§ **Directions**:
Below are the records; give again exactly the line with "index = parent(index);", the line with "pub fn add(&mut", and each line that lies between them, and nothing besides.
*** Opening of Provided information ***
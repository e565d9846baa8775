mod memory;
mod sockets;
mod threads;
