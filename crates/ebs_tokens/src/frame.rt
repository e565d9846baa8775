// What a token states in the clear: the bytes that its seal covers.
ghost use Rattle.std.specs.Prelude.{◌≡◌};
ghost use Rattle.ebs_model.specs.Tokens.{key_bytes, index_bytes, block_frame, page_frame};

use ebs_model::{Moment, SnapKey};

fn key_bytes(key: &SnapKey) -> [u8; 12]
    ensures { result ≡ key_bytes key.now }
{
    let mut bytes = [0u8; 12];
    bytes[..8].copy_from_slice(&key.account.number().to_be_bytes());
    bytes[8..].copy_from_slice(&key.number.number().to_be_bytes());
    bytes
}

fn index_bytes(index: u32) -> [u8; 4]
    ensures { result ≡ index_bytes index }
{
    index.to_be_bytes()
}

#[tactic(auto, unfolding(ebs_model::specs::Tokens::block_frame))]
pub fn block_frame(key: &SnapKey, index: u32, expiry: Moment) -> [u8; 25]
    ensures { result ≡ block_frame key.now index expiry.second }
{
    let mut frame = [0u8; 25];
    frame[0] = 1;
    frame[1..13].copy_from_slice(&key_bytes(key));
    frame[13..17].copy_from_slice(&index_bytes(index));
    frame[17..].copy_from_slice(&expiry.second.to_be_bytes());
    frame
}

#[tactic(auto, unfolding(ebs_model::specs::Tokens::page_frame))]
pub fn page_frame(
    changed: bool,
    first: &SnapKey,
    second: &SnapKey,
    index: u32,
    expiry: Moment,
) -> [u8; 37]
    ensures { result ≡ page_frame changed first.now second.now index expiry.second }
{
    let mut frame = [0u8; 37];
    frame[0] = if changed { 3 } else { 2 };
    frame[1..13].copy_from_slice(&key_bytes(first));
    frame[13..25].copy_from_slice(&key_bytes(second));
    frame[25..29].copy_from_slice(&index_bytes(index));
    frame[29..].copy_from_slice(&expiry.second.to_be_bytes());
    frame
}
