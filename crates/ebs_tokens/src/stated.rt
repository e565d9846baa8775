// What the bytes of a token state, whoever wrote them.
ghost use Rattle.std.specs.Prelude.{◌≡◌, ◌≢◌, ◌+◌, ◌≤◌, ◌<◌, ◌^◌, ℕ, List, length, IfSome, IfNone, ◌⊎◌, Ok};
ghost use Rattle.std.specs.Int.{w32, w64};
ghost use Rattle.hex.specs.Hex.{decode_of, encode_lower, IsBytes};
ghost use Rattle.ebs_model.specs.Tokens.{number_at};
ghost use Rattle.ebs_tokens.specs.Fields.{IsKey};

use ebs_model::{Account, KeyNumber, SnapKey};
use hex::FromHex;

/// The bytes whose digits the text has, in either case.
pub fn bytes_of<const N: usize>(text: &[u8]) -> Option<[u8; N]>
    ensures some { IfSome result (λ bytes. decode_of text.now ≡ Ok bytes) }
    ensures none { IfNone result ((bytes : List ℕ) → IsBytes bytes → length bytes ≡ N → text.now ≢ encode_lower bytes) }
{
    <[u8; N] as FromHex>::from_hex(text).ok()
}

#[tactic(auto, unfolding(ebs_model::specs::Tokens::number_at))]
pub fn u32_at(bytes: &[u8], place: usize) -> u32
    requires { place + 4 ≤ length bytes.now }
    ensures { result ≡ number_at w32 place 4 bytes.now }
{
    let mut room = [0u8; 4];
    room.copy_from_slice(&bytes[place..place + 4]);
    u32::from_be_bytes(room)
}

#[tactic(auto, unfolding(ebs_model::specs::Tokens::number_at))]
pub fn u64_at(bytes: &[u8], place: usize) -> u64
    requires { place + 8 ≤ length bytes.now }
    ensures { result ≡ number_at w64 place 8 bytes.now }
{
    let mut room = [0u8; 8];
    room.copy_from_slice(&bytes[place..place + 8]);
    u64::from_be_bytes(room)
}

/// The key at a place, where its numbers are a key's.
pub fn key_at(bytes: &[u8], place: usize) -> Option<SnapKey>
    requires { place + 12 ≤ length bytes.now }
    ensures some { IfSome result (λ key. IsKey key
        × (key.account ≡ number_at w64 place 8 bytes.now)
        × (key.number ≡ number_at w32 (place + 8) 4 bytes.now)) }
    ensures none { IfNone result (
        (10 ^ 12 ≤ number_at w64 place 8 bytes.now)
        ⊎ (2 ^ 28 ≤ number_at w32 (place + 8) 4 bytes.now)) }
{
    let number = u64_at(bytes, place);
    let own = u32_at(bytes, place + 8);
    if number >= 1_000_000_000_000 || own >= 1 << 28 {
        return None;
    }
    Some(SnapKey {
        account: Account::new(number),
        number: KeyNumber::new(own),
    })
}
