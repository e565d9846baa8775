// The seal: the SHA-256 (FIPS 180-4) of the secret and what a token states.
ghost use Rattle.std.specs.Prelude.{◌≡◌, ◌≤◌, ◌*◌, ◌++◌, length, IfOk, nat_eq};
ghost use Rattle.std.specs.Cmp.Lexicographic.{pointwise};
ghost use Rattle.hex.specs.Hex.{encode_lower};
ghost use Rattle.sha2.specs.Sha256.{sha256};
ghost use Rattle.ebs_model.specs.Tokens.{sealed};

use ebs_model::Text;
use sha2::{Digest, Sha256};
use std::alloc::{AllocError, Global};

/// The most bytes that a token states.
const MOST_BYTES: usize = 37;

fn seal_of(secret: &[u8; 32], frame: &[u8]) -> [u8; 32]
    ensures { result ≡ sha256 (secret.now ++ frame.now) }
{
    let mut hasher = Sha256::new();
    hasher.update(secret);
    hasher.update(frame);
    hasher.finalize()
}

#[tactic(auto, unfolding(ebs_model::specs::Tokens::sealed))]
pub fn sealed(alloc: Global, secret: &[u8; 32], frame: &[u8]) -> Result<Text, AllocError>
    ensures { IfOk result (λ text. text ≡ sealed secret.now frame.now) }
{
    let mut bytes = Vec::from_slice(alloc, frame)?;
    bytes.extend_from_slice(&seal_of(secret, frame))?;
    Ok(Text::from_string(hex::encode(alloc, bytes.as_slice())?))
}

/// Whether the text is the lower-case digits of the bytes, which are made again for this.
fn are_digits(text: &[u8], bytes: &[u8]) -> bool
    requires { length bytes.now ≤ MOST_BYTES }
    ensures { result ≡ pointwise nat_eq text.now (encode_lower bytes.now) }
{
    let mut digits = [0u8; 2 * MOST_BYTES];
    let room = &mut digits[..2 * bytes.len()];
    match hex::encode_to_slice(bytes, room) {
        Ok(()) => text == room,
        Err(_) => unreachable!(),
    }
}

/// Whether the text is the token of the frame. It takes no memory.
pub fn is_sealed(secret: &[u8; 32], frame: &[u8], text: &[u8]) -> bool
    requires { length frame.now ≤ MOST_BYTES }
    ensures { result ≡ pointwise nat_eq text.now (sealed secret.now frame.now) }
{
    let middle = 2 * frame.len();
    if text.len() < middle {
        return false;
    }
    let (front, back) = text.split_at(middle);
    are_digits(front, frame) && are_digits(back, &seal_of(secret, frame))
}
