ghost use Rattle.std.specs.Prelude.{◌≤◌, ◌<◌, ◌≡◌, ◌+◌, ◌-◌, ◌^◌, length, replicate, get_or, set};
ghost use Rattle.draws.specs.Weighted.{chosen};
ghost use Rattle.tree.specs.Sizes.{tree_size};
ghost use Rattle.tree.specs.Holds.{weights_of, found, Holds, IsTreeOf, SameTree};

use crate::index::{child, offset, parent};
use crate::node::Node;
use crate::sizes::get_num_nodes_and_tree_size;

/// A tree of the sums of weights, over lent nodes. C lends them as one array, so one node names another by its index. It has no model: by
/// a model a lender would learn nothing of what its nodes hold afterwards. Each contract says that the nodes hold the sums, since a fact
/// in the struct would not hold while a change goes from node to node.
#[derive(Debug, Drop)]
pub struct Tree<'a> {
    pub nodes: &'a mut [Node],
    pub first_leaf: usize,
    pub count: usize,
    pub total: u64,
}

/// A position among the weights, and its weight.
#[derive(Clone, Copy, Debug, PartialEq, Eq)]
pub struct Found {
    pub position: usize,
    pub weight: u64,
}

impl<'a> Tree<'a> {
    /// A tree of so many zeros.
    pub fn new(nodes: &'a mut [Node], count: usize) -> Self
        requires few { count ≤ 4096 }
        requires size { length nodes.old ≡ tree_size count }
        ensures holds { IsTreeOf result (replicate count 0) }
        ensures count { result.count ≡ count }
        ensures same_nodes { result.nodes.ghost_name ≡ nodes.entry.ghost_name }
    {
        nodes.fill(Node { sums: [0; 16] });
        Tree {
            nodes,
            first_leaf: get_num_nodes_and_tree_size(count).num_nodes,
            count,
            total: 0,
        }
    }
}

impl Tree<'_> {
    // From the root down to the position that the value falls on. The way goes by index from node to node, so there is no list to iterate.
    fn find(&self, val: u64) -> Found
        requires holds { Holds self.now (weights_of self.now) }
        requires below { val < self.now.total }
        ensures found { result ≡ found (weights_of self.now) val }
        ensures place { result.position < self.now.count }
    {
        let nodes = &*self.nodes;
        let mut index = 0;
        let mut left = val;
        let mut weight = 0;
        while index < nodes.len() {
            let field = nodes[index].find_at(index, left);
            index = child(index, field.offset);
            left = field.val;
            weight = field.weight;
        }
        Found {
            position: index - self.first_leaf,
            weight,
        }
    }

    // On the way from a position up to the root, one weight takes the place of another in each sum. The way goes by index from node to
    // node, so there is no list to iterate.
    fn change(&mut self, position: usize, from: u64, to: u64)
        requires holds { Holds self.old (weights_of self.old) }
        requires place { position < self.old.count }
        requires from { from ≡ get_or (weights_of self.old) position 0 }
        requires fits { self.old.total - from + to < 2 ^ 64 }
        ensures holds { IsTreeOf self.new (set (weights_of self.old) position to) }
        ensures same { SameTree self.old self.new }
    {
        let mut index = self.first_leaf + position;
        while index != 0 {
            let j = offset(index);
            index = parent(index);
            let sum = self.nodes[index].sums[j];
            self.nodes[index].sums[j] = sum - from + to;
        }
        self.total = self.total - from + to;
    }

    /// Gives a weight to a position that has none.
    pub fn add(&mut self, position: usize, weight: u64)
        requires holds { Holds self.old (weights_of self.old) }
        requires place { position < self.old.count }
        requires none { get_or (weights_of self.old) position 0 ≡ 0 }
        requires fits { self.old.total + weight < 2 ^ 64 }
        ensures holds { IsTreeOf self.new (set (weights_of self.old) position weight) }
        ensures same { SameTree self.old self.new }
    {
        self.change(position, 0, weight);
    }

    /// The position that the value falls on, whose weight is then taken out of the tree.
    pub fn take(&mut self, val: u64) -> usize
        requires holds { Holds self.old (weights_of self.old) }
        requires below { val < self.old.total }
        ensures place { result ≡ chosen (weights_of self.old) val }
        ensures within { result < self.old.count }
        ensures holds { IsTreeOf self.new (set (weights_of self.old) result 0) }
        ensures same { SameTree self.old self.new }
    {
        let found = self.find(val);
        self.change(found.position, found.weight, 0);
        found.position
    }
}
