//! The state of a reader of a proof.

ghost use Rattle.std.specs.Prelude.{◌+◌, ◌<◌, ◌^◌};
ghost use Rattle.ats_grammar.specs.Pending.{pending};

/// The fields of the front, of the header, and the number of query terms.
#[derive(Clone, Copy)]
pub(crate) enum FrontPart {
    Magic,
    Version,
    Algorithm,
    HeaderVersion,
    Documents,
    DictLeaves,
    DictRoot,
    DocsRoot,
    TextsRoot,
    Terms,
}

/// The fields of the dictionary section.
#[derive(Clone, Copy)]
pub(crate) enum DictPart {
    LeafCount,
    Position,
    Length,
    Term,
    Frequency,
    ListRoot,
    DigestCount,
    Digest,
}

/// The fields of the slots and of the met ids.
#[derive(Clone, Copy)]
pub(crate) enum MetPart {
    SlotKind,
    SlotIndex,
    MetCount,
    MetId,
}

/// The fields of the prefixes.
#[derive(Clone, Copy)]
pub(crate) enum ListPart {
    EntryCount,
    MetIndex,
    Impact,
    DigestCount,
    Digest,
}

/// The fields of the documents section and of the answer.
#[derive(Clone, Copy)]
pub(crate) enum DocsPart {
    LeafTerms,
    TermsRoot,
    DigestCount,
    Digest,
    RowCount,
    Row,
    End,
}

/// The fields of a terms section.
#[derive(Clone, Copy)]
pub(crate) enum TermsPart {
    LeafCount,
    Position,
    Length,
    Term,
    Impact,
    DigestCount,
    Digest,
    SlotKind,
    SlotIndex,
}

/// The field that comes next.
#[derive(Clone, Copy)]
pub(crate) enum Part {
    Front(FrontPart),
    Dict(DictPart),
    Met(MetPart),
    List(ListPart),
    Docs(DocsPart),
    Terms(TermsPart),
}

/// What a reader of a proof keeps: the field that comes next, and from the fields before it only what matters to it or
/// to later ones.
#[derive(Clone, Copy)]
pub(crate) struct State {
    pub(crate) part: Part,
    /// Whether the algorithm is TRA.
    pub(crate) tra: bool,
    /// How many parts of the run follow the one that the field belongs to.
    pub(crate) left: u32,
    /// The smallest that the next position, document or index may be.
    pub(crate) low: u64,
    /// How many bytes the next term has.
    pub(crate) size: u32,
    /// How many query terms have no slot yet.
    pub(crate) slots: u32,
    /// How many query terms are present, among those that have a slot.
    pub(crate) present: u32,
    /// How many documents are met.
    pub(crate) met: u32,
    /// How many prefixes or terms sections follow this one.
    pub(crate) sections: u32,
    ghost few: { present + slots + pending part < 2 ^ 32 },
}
*** Close of Provided information ***
§ **Result**:
            index = parent(index);
            let sum = self.nodes[index].sums[j];
            self.nodes[index].sums[j] = sum - from + to;
        }
        self.total = self.total - from + to;
    }

    /// Gives a weight to a position that has none.
    pub fn add(&mut self, position: usize, weight: u64)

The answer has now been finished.